WHAT YOU SHOULD DO:
The lines to copy are those in the records below that hold the word "without".

Saved data entries:

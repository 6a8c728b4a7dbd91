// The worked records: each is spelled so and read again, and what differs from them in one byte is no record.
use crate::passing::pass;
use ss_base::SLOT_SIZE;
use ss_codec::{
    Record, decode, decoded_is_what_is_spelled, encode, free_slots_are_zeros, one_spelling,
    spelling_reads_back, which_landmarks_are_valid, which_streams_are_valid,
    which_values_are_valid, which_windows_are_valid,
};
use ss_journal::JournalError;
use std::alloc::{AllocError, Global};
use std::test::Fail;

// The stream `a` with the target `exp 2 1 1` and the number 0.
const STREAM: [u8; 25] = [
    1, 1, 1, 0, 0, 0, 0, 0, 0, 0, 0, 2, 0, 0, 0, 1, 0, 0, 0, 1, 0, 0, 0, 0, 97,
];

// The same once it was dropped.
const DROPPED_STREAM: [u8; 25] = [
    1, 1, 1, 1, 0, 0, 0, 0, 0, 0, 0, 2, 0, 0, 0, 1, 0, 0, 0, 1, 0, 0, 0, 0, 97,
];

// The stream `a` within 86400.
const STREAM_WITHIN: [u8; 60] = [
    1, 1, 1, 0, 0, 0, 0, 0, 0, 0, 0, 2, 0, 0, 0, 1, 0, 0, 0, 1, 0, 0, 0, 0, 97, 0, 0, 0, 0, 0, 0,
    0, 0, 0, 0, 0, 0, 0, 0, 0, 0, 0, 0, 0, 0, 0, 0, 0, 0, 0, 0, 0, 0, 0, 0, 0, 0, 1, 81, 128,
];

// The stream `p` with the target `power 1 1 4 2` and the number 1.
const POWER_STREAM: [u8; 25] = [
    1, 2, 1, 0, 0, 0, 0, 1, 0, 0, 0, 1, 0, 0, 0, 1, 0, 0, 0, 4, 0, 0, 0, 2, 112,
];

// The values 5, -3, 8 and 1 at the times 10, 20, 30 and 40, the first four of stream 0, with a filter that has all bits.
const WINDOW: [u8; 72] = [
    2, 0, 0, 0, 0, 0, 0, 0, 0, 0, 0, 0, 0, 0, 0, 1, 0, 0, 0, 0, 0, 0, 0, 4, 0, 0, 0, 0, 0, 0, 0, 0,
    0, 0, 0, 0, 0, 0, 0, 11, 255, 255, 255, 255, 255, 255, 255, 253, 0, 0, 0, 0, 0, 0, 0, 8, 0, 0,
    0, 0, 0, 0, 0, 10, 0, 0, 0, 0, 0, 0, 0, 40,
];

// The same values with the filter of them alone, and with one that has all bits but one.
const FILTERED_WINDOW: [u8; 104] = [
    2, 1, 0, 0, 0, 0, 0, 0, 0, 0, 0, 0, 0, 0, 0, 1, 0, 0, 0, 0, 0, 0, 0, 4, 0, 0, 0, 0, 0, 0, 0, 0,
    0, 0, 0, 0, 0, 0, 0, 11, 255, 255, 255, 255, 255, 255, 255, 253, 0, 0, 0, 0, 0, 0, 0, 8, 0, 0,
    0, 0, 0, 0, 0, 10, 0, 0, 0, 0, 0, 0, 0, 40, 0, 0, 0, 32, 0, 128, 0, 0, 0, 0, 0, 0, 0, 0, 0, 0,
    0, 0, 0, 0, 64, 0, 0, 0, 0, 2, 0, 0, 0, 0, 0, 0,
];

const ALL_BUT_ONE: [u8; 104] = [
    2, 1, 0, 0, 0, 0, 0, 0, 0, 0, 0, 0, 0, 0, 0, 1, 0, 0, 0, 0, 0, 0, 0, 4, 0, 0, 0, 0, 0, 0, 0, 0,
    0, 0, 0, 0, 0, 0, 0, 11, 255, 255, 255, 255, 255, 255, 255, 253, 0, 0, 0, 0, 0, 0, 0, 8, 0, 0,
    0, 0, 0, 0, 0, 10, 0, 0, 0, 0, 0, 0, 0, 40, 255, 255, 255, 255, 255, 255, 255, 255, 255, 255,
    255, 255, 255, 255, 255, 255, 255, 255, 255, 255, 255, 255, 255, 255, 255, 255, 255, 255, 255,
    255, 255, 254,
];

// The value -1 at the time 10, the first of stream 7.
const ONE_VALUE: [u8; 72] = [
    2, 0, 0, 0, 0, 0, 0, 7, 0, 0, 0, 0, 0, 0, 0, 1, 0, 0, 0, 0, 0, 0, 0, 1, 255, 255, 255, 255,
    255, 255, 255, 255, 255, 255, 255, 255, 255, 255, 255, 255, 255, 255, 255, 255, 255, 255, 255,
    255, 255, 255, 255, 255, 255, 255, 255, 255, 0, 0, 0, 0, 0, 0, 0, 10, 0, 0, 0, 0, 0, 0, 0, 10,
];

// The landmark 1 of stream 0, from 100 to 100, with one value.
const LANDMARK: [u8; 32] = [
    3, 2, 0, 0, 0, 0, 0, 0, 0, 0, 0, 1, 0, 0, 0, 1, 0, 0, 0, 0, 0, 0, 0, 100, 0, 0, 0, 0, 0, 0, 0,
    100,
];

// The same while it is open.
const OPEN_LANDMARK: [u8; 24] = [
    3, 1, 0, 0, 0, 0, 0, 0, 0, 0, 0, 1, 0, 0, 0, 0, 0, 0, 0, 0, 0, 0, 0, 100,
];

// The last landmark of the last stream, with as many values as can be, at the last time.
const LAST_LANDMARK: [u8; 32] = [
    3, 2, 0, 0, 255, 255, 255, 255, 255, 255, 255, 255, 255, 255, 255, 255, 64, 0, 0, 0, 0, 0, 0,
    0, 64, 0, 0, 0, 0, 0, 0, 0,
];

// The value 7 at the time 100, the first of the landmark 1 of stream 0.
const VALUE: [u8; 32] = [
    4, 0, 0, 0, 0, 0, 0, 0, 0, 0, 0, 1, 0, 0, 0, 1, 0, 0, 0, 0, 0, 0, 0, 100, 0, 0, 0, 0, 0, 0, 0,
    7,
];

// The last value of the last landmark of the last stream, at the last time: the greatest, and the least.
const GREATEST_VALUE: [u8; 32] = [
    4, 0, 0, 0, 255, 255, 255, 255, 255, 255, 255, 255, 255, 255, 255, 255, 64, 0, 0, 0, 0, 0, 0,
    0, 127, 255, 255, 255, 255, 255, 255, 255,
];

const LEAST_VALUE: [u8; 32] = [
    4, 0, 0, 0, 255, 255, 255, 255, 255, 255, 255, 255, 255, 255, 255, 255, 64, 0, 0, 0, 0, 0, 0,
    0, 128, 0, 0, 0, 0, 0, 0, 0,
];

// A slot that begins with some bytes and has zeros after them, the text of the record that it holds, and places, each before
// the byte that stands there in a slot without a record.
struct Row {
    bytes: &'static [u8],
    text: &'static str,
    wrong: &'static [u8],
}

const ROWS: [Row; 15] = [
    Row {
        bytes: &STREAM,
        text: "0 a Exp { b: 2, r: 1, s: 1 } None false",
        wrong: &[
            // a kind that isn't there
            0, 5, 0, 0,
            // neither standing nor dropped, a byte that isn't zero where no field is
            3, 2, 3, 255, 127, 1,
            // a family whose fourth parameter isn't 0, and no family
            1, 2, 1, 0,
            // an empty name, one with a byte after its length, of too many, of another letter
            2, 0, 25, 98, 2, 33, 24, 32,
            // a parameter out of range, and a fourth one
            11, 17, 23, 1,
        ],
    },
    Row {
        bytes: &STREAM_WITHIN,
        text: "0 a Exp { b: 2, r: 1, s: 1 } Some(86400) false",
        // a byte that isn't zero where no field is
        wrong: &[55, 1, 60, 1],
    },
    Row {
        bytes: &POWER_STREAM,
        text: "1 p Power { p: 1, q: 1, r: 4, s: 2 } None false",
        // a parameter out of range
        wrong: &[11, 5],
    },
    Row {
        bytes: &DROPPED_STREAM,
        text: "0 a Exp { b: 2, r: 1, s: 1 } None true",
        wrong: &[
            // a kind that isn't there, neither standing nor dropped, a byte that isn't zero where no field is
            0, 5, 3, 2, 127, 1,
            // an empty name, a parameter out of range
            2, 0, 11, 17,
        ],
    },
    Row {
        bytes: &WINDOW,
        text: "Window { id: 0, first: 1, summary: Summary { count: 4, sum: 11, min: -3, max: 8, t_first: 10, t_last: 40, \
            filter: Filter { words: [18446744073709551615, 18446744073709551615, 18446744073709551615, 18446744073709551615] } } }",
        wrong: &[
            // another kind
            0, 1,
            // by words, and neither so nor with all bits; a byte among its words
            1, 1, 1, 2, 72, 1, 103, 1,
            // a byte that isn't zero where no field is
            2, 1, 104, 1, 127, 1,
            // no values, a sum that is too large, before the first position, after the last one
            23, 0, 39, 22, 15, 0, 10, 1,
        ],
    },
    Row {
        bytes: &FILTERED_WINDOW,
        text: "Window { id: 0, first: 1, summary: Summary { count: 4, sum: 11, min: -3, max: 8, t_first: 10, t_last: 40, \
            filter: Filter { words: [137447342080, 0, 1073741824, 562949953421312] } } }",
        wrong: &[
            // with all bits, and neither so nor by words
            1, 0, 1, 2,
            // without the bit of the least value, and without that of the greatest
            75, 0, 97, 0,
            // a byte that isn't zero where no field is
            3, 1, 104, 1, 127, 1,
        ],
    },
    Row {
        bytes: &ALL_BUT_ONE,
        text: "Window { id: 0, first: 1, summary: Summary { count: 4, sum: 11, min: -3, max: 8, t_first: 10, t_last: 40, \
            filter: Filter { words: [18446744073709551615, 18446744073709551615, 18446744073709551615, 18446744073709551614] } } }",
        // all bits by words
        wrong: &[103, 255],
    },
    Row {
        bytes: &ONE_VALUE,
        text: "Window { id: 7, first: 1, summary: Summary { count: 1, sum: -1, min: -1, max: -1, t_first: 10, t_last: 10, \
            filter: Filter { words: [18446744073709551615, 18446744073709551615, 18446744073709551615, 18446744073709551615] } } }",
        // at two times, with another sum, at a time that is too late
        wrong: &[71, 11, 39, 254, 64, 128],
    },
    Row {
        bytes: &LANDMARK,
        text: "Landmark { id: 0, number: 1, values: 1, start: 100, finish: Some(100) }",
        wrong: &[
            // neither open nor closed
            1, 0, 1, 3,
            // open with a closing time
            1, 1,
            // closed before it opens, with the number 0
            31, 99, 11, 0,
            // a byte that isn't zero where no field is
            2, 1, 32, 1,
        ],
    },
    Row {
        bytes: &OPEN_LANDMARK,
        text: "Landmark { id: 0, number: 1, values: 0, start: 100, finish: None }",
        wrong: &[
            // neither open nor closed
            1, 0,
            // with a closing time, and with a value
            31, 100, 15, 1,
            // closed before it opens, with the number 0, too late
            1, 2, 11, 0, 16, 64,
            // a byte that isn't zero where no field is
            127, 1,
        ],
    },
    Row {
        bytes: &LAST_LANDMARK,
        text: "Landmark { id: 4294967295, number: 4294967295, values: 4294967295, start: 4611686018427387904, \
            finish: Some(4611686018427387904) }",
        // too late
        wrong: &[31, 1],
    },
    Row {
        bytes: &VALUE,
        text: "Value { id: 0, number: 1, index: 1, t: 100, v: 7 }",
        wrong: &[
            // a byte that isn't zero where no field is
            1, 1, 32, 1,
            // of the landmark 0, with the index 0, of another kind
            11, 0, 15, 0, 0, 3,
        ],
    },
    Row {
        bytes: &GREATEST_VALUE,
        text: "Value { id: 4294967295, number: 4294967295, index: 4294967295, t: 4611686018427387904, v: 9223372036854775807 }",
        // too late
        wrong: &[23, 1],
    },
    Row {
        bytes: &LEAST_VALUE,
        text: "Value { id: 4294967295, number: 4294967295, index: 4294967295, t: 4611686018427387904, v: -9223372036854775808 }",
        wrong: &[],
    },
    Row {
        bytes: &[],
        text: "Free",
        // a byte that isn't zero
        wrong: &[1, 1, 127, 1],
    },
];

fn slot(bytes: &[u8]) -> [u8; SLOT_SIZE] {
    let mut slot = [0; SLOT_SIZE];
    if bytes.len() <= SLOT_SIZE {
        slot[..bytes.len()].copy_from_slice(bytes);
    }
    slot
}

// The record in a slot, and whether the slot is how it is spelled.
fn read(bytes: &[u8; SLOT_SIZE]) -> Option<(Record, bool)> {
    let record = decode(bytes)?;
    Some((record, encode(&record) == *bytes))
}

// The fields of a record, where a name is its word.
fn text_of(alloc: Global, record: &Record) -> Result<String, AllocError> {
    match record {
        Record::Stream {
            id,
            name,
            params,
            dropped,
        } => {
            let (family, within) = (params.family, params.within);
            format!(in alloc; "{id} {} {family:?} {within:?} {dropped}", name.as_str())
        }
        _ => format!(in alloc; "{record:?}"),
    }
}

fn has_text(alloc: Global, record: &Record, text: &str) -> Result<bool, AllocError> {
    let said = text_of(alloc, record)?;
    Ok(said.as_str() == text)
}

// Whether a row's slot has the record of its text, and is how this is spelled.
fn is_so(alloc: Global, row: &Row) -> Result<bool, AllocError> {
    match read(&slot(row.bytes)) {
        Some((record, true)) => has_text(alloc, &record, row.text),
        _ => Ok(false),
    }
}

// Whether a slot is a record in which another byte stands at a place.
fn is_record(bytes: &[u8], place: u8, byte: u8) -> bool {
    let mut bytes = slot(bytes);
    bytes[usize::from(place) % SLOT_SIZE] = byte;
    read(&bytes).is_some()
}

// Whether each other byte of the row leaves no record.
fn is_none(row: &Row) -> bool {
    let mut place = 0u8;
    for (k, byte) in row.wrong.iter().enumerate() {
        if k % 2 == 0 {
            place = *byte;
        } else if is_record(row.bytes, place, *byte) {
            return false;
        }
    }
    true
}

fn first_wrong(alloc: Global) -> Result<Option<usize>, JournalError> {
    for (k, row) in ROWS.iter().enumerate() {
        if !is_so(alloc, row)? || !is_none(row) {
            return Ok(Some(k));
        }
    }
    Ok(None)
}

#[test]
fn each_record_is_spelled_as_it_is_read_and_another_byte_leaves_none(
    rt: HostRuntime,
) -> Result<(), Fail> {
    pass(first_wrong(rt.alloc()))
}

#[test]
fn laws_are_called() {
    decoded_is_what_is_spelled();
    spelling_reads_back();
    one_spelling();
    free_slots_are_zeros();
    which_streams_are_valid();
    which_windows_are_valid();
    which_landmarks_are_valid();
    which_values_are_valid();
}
...
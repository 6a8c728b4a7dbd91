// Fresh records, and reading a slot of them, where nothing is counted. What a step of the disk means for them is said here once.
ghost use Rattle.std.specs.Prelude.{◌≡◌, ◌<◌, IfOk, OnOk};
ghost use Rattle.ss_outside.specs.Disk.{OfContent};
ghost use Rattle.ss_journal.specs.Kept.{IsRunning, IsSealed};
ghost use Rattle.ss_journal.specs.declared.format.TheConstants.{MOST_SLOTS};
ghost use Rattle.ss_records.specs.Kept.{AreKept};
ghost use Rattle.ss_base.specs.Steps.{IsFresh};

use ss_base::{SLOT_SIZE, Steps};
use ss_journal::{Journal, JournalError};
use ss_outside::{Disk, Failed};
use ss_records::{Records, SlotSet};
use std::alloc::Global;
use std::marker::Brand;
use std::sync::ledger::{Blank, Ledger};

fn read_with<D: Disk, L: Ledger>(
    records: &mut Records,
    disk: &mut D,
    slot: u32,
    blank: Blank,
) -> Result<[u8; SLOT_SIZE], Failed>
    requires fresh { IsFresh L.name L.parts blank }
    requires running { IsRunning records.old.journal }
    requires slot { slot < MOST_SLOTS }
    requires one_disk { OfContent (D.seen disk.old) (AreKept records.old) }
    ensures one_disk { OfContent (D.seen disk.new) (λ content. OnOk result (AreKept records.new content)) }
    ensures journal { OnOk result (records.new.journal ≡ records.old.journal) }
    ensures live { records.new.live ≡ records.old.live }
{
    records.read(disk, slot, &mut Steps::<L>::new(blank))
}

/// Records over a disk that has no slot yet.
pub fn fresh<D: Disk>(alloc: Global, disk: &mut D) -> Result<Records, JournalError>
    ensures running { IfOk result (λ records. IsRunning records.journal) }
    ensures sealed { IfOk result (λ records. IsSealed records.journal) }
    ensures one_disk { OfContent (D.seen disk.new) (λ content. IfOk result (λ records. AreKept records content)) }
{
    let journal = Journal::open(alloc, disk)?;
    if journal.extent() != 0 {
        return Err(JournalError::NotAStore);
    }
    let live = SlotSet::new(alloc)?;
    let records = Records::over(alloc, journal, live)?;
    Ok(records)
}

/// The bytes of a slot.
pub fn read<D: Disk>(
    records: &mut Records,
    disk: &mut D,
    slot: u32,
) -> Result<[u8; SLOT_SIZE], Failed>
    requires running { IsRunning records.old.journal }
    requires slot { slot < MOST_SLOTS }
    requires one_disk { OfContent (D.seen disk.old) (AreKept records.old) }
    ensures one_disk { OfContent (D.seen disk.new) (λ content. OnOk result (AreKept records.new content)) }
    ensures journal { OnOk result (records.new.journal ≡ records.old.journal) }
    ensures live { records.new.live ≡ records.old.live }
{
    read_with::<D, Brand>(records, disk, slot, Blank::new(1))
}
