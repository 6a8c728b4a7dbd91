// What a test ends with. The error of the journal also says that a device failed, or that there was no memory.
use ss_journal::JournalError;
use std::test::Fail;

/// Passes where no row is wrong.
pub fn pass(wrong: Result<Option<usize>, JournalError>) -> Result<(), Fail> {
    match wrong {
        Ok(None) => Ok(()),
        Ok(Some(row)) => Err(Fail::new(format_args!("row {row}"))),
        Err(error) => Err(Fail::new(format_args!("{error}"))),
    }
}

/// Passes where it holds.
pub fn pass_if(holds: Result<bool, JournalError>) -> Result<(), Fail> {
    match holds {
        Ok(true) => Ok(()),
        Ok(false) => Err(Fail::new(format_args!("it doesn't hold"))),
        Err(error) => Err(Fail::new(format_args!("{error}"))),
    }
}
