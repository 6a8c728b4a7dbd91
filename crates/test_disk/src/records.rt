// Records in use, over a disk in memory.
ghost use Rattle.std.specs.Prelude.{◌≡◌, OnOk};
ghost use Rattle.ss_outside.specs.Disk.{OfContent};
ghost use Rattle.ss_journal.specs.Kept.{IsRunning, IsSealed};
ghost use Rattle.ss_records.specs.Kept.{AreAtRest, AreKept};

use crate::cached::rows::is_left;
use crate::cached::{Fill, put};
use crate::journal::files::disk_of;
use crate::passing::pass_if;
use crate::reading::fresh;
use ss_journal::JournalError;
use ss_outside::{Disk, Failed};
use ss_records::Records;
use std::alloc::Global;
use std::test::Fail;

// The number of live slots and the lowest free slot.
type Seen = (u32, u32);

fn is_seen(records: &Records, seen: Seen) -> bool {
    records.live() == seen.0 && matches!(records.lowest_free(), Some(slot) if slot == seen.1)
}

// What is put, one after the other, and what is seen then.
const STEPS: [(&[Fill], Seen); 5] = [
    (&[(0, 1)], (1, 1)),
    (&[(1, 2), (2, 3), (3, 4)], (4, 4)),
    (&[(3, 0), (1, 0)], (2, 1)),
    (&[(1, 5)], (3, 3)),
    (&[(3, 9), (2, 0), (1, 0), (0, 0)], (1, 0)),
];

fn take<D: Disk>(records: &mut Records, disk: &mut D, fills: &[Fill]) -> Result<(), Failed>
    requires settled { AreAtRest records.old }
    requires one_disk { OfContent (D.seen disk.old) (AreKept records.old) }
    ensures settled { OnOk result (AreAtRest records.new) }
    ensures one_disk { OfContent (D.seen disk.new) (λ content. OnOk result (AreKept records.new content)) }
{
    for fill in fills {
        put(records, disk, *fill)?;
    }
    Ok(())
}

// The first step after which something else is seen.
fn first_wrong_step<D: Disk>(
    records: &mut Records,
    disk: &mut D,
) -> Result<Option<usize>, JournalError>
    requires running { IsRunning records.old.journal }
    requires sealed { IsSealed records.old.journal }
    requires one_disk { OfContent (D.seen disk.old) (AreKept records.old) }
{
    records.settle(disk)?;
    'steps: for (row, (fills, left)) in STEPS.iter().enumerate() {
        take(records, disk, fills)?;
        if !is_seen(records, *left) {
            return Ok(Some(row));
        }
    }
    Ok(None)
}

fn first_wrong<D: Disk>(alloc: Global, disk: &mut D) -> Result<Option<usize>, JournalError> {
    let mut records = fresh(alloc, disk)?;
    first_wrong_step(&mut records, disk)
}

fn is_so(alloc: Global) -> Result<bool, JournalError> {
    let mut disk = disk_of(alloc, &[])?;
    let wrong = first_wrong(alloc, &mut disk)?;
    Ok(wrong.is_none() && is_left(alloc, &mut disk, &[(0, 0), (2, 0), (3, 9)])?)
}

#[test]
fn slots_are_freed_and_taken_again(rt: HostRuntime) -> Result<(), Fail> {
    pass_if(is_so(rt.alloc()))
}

THE ANSWER:
// the byte that stands there in a slot without a record.
            // without the bit of the least value, and without that of the greatest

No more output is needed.